国内作家賞は、沖縄を拠点に精力的な制作活動を続ける石川真生氏に決定した。初期からの主要な作品をはじめ、2014年から取り組んでいる「大琉球写真絵巻」シリーズの新作を中心に展示された東京オペラシティ アートギャラリーでの展覧会は、被写体との信頼関係を育みつつ展開される創作写真の独創性を照らし出すものでもあった。初期から現在にいたるまで、石川氏の写真表現に一貫しているのは、展覧会タイトルにもなっている「私に何ができるか」という明確な問いである。こうした独創性と一貫性の稀有な在りようが大きく評価された。
新人作家賞は、金川晋吾、菅実花、鈴木のぞみ、田口和奈、西野壮平、吉田志穂の各氏に絞り込まれた後、最終段階で金川晋吾、菅実花、西野壮平の各氏が残り、最終的に金川晋吾氏が選ばれた。失踪を繰り返す父親や20年以上消息不明だった伯母と、写真や文章で細やかに関わっていく金川氏の作品は、従来的な見る/見られる関係、撮る/撮られる関係を静かに揺さぶるものでもある。いっそう深みを増しつつあるその問いかけと、そこから生まれる写真表現の新たな可能性が決め手となったといえよう。

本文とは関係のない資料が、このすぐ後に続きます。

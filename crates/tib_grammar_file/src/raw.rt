// Rules before name resolution: state or label is known only at the end of the file.
ghost use Rattle.std.specs.Prelude.{◌≡◌, ◌≤◌, ◌<◌, ◌-◌, ◌+◌, ◌^◌, ℕ, List, [], ◌∷◌, ◌++◌, length, drop, IfOk, OnOk, IfSome, Some, None, slice_get, All};
ghost use Rattle.tib_lex.specs.Line.{word_at, text_of, Lies};
ghost use Rattle.tib_lex.specs.Lines.{lines_of, HasNoFeed};
ghost use Rattle.tib_tree.specs.Grows.{Grows, Adds};
ghost use Rattle.tib_tree.specs.Shape.{item_at, items_back, PlaceLies};
ghost use Rattle.tib_grammar_file.specs.Reading.{rules_from};
ghost use Rattle.tib_grammar_file.specs.Raw.{IsRaw, AddsLine, AddsNodes};
ghost use Rattle.tib_grammar_file.specs.RawFile.{IsRawFile};
ghost use Rattle.tib_grammar_file.specs.Rule.{rule_line};
ghost use Rattle.tib_lex.specs.Limits.{most_bytes};

use crate::rule::{read_cost, read_parts};
use std::alloc::{AllocError, Global};
use tib_cost::{Cost, Scale};
use tib_lex::{
    FaultKind, Kind, LineError, ReadError, Token, file_error, line_bytes, next_line, read_tokens,
};
use tib_tree::{Labels, MOST_NODES, Place, Reader, intern_token};

/// A node whose text may be a state's.
#[derive(Clone, Copy, Debug)]
pub(crate) struct RawItem {
    pub text: u32,
    pub quoted: bool,
    pub kids: Option<u32>,
}

/// A rule over the texts of its file, without its nodes.
#[derive(Clone, Copy, Debug)]
pub(crate) struct RawRule {
    pub left: u32,
    pub nodes: u32,
    pub cost: Cost,
}

/// The rules of a file, and the nodes of each after those of the one before.
#[derive(Drop)]
pub(crate) struct RawRules {
    pub rules: Vec<RawRule>,
    pub nodes: Vec<RawItem>,
}

fn is_quoted(place: Place) -> bool
    ensures { (line : List ℕ) → result ≡ (item_at line place).quoted }
{
    match place.token.kind {
        Kind::Name => false,
        _ => true,
    }
}

/// Reads the text of a token into `text` and puts it into the table, and returns its number. Err
/// only if memory is refused; the table keeps its texts. Cost: that of `intern_token`.
pub fn read_name(
    line: &[u8],
    token: Token,
    names: &mut Labels,
    text: &mut Vec<u8>,
) -> Result<u32, AllocError>
    requires lies { Lies (length line.now) token }
    requires plain { HasNoFeed line.now }
    requires room { length names.old < 2 ^ 32 - 1 }
    ensures named { IfOk result (λ n. slice_get names.new n
        ≡ Some (text_of (word_at line.now token))) }
    ensures grows { Grows names.old names.new }
    ensures adds { IfOk result (λ n. Adds names.old (text_of (word_at line.now token)) names.new) }
    ensures few { length names.new ≤ length names.old + 1 }
{
    intern_token(line, token, names, text)
}

fn read_item(
    line: &[u8],
    place: Place,
    texts: &mut Labels,
    text: &mut Vec<u8>,
) -> Result<RawItem, AllocError>
    requires lies { PlaceLies (length line.now) place }
    requires plain { HasNoFeed line.now }
    requires room { length texts.old < 2 ^ 32 - 1 }
    ensures item { IfOk result (λ i. IsRaw texts.new i (item_at line.now place)) }
    ensures grows { Grows texts.old texts.new }
    ensures few { length texts.new ≤ length texts.old + 1 }
{
    let number = read_name(line, place.token, texts, text)?;
    let quoted = is_quoted(place);
    Ok(RawItem {
        text: number,
        quoted,
        kids: place.kids,
    })
}

// Adds the nodes at some tokens of a line after the others.
fn read_side(
    line: &[u8],
    places: &[Place],
    texts: &mut Labels,
    text: &mut Vec<u8>,
    nodes: &mut Vec<RawItem>,
) -> Result<(), AllocError>
    requires lie { All (PlaceLies (length line.now)) places.now }
    requires plain { HasNoFeed line.now }
    requires room { length texts.old + length places.now < 2 ^ 32 - 1 }
    ensures nodes { IfOk result (λ _. AddsNodes texts.new nodes.old.items nodes.new.items
        (items_back line.now places.now)) }
    ensures grows { Grows texts.old texts.new }
    ensures few { length texts.new ≤ length texts.old + length places.now }
{
    let mut i = places.len();
    while i > 0 {
        i -= 1;
        let item = read_item(line, places[i], texts, text)?;
        nodes.push(item)?;
    }
    Ok(())
}

/// Reads rule lines of a grammar file, with room that is used again for each.
#[derive(Drop)]
struct RawReader {
    tokens: Vec<Token>,
    reader: Reader,
    text: Vec<u8>,
}

impl RawReader {
    fn new(alloc: Global) -> RawReader {
        RawReader {
            tokens: Vec::new(alloc),
            reader: Reader::new(alloc),
            text: Vec::new(alloc),
        }
    }

    /// Adds the rule of a line, if it has tokens. Its left state goes into the table of names.
    fn add_line(
        &mut self,
        scale: Scale,
        line: &[u8],
        names: &mut Labels,
        texts: &mut Labels,
        raw: &mut RawRules,
    ) -> Result<(), LineError>
        requires short { length line.now ≤ most_bytes }
        requires plain { HasNoFeed line.now }
        requires names { length names.old < 2 ^ 32 - 1 }
        requires texts { length texts.old + length line.now < 2 ^ 32 - 1 }
        ensures line { AddsLine names.old names.new texts.new raw.old raw.new result
            (rule_line scale line.now) }
        ensures names { Grows names.old names.new }
        ensures texts { Grows texts.old texts.new }
        ensures few_names { length names.new ≤ length names.old + 1 }
        ensures few_texts { length texts.new ≤ length texts.old + length line.now }
        ensures few_nodes { OnOk result (length raw.new.nodes.items
            ≤ length raw.old.nodes.items + length line.now) }
    {
        if !read_tokens(line, &mut self.tokens)? {
            return Err(LineError::Fault(FaultKind::BadToken));
        }
        if self.tokens.is_empty() {
            return Ok(());
        }
        let found = match read_parts(line, &self.tokens, &mut self.reader, &mut self.text)? {
            Some(found) => found,
            None => return Err(LineError::Fault(FaultKind::BadRule)),
        };
        let cost = match read_cost(scale, line, found.weight, &mut self.text) {
            Ok(cost) => cost,
            Err(error) => return Err(error),
        };
        let count = self.reader.places.len();
        if count > MOST_NODES {
            return Err(LineError::Fault(FaultKind::TooManyNodes));
        }
        let left = read_name(line, found.left, names, &mut self.text)?;
        read_side(
            line,
            &self.reader.places,
            texts,
            &mut self.text,
            &mut raw.nodes,
        )?;
        let nodes = count as u32;
        match raw.rules.push(RawRule { left, nodes, cost }) {
            Ok(()) => Ok(()),
            Err(_) => Err(LineError::OutOfMemory),
        }
    }
}

/// The rules from a place of a file on, where a line of this number begins.
pub(crate) fn read_rules(
    alloc: Global,
    scale: Scale,
    bytes: &[u8],
    start: u32,
    first: u32,
    names: &mut Labels,
    texts: &mut Labels,
) -> Result<RawRules, ReadError>
    requires short { length bytes.now ≤ most_bytes }
    requires place { start ≤ length bytes.now }
    requires number { first ≤ start + 1 }
    requires names { length names.old + length bytes.now < 2 ^ 32 - 1 }
    requires texts { length texts.old + length bytes.now < 2 ^ 32 - 1 }
    ensures rules { IsRawFile names.old names.new texts.new result
        (rules_from scale first (lines_of (drop start bytes.now))) }
    ensures few { IfOk result (λ raw. length raw.nodes.items ≤ length bytes.now) }
{
    let mut reader = RawReader::new(alloc);
    let mut raw = RawRules {
        rules: Vec::new(alloc),
        nodes: Vec::new(alloc),
    };
    let mut at = start;
    let mut number = first;
    while let Some(line) = next_line(bytes, number, at) {
        match reader.add_line(scale, line_bytes(bytes, line), names, texts, &mut raw) {
            Ok(()) => {}
            Err(error) => return Err(file_error(line.number, error)),
        }
        at = line.next;
        number += 1;
    }
    Ok(raw)
}
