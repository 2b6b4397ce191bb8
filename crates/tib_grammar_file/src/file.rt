// Prints a file of the start and rules, however the lines of its rules are written.
ghost use Rattle.std.specs.Prelude.{◌<◌, ℕ, List, length, All};
ghost use Rattle.tib_cost.specs.declared.Scale.{Scale as ScaleOf};
ghost use Rattle.tib_io.specs.Wrote.{Wrote};
ghost use Rattle.tib_grammar_file.specs.FileText.{lines_text, file_text};

use crate::pieces::put_start;
use tib_cost::Scale;
use tib_grammar::Names;
use tib_io::{Failed, Sink};
use tib_tree::Labels;

/// How a format writes the line of a rule.
pub trait RuleNotation {
    /// A rule of the format.
    type Rule;

    // The line of a rule, over the names of states and the texts of labels.
    ghost rule_text: { ScaleOf → List (List ℕ) → List (List ℕ) → Self.Rule → List ℕ };

    // The texts that a rule needs are there.
    ghost fits: { List (List ℕ) → List (List ℕ) → Self.Rule → Type 0 };

    /// Appends the line of a rule. If the sink fails, a front of it was appended.
    fn put_rule<W: Sink>(
        out: &mut W,
        scale: Scale,
        rule: &Self::Rule,
        names: &Names,
        labels: &Labels,
    ) -> Result<(), Failed>
        requires { fits names.now labels.now rule.now }
        ensures { Wrote (W.seen out.old) (W.seen out.new)
            (rule_text scale names.now labels.now rule.now) result };
}

fn put_rules<N: RuleNotation, W: Sink>(
    out: &mut W,
    scale: Scale,
    rules: &[N::Rule],
    names: &Names,
    labels: &Labels,
) -> Result<(), Failed>
    requires { All (N.fits names.now labels.now) rules.now }
    ensures { Wrote (W.seen out.old) (W.seen out.new)
        (lines_text (N.rule_text scale names.now labels.now) rules.now) result }
{
    for rule in rules {
        match N::put_rule(out, scale, rule, names, labels) {
            Ok(()) => {}
            Err(Failed) => return Err(Failed),
        }
    }
    Ok(())
}

/// Appends a file: the line of the start, which is the first of the names of states, and then the
/// line of each rule as `N` writes it. If the sink fails, a front of this was appended. Worst case:
/// O(n) steps for n rules, and what `N` takes to write each of them.
pub fn put_file<N: RuleNotation, W: Sink>(
    out: &mut W,
    scale: Scale,
    rules: &[N::Rule],
    names: &Names,
    labels: &Labels,
) -> Result<(), Failed>
    requires start { 0 < length names.now }
    requires within { All (N.fits names.now labels.now) rules.now }
    ensures { Wrote (W.seen out.old) (W.seen out.new)
        (file_text (N.rule_text scale names.now labels.now) names.now rules.now) result }
{
    match put_start(out, names) {
        Ok(()) => put_rules::<N, W>(out, scale, rules, names, labels),
        Err(Failed) => Err(Failed),
    }
}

特別作家賞には、北海道101集団撮影行動が選ばれた。北海道101集団撮影行動とは、全日本学生写真連盟が1968年から77年の間に行った、のべ600人以上ともいわれる大学生たちが参加した匿名的な活動である。写真集にも展覧会にもまとまらず未完のままになっていたが、近年、写真や資料の収集、保管が進んでいることから、今回の受賞となった。特別作家賞の規定には「北海道在住または出身の作家、もしくは、北海道をテーマ・被写体とした作品を撮った作家」とある。ここで自明となっている作家とは、はたしてどのような存在なのか。北海道101集団撮影行動の受賞は、半世紀を隔て、この問いを現在に投げかけることにもなるに違いない。
飛彈野数右衛門賞は、北井一夫氏に決定した。村や町など普通の人々の暮らしと日常の風景を撮り続けてきた北井氏の展開は、「長年にわたり地域の人・自然・文化などを撮り続け」た仕事を対象とした同賞の規定にぴったりと合致するものである。1983年から1987年にかけて撮影された「フナバシ ストーリー」の、撮影された地である船橋市での展示は、北井氏の写真がかけがえのない船橋市民の記録と記憶となっていることを浮かび上がらせるものでもあった。これは同賞のもうひとつの規定、「地域に対する貢献」を示してあまりあるものだろう。
海外作家賞は、菊田樹子氏の調査に基づいた丁寧な説明を踏まえたうえで審査に移り、対象国のフランスから、ヴァサンタ・ヨガナンタン氏が選ばれた。ヨガナンタン氏は、古代インドの大⻑編叙事詩『ラーマーヤナ』を現代的に再話、各章ごとに1冊ずつ写真集化する⻑期プロジェクト「A Myth of Two Souls」を展開している。写真だけでなく、イラストレーション、インドの伝統的な着色、土地固有のイメージなどを織り交ぜた表現が高く評価された。
2020年の審査会後に深刻化していったコロナ禍も一区切りつき、ようやく例年どおりに戻った今年の審査会は、くしくも40回目の節目となる審査会となった。40年という年月は歴史と伝統という言葉で呼ぶに十分な長さだと思うが、その歴史と伝統は、絶えざる革新によって育まれてきたものでもある。さらなる発展に向けて、東川賞はどう革新していくべきか。今年の審査には、多かれ少なかれそのような思いが反映しているように思う。1985年の「写真の町宣言」から、2014年の「写真文化首都宣言」を経て現在に至るまで、その趣旨に共感した町の人々の多大な努力と、世界の人々の共感の力に導かれながら、新たな一歩を踏み出していきたい。